[R-sig-ME] Calculating main effects

Thu Oct 20 21:11:31 CEST 2011

Iker Vaquero Alba <karraspito at ...> writes:

> 
> 
>   
> Dear Geoff,
> 
>    Thank you so much for your kind reply. Actually, the problem I'm
> finding is more like this:
> 
>       fm.1 <- lmer(Y ~ A*B + C)
> 
>       fm.2 <- lmer(Y ~ A*B)
> 
>       anova(fm.1, fm.2)
> 
>    
> 
>    But when your full model includes C*B. So, I have to remove C*B
> from the model (as C is involved in it) to test the effect of C, 
> or that's what
> I understood.
> 

  The issue of testing main effects (such as C) in the presence of
interactions (such as C:B -- note that C*B is equivalent to
C + B + C:B) is long-standing and contentious.  There are several points
of view:

  * Bates, Venables, and others (google for "Venables Exegeses Linear
Models") seem to advocate stepwise removal of unnecessary (non-significant?
weak?) interaction terms so that main effects can be tested without
ambiguity. This is essentially the point you made above ("I have to
remove C:B before I can test C").
  * **If** continuous predictors are centered or categorical predictors
are coded with sum-to-zero contrasts, then it *may* make sense to
use 'marginal' or what SAS would call 'type III' tests to violate
marginality and test main effects in the presence of interactions
(see Venables' "exegeses" for a hint on how to do this): Schielzeth
2010 also seems to recommend this approach, although he focuses on
continuous predictors
 * However, Wald tests of parameters as provided by summary(), **or**
individual quantiles or highest posterior density intervals on individual
parameters, are marginal, so use them with the appropriate caution
(i.e. the estimates of the main effects depend on the contrasts used
and their comparisons to zero may or may not represent tests of
sensible hypotheses)
 * Be aware that in any case there is no simple way (that I know of)
to get R to construct a model matrix that includes interaction terms
but zeros out the main effects: compare the following

d <- expand.grid(C=factor(1:2),B=factor(1:2))
model.matrix(~C*B,data=d)
model.matrix(~C:B,data=d)
model.matrix(~C*B-B-C,data=d)

>    Anyway, let's see if someone else replies.
> 
>    Thank you very much for your help again.
> 
> --- El jue, 20/10/11, Geoff Brookshire <broog731 at ...> escribió:
> 
> De: Geoff Brookshire <broog731 at ...>
> Asunto: Re: Calculating main effects
> Para: "Iker Vaquero Alba" <karraspito at ...>
> Fecha: jueves, 20 de octubre, 2011 14:45
> 
> Hi Iker,
> 
> Actually, that post of mine was meant to be more a request for
> information than giving it.

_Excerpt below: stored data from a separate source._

// What is known of a block before anything is worked out.
ghost use Rattle.std.specs.Prelude.{◌≡◌, true};
ghost use Rattle.rules.specs.Blocks.{family_of, paired};
ghost use Rattle.grid.specs.Calls.{KnownIs};

use crate::shape::shape_of;
use job::{Job, Refusal};
use tables::Shape;

// The shape of the block's job, none where nothing leads to its end, or refusal 1, 2 or 3.
pub(crate) fn shape_in(block: &[u8]) -> Result<Option<Shape>, Refusal>
    requires { paired (family_of block.now) ≡ true }
    ensures { KnownIs block.now result }
{
    let job = Job::of(block)?;
    Ok(shape_of(job))
}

No one responded, so I'm not sure what
> people's opinions on that are. I've done some reading in the meantime
> that's moved me towards one of those options, though. I recommend
> reading Baayen, Davidson, & Bates (2008) in the Journal of Memory and
> Language to get a better picture of what these models are doing and
> some recommendations for how to test significance values. That issue
> of JML has a couple other articles about mixed-effects models, too.
> 
> My impression, to get to your question, is that the best way of
> looking at significance for specific terms is to leave everything you
> can in the model except the term of interest. So if you have the
> factors A, B, and C, and want to know the influence of C, i think I'd
> do:
> 
> fm.1 <- lmer(Y ~ A*B + C)
> fm.2 <- lmer(Y ~ A*B)
> anova(fm.1, fm.2)
> 
> That way you leave in everything to do with A and B. I choose this
> option not because i know whether or not it gives the most accurate
> p-values (i have no idea if this is the case, or if p-values can be
> described as 'accurate'), but because it seems to be the closest
> conceptually to what's going on in more basic tests. The pvals.fnc
> option is a little different. It would just be to run something like
> this:
> 
> fm.full <- lmer(Y ~ A*B*C)  # This is your full model, with every term
> of potential interest
> library(languageR)
> pvals.fnc(fm.full)
> 
> This function doesn't give you wald chi-sq stats, but bayesian
> confidence intervals (and their associated p-values) using MCMC
> sampling and a non-informative prior. I'm avoiding that option because
> I don't understand everything involved in Bayesian analysis, so I'm
> afraid I'll misuse it. I know this function wasn't working for a
> while, but it works for me now. If you want to take this route, update
> your packages and it should be fine, at least for normally distributed
> data (I think).
> 
> It's possible that some people would recommend something else.
> 
> Good luck!
> 
> geoff
>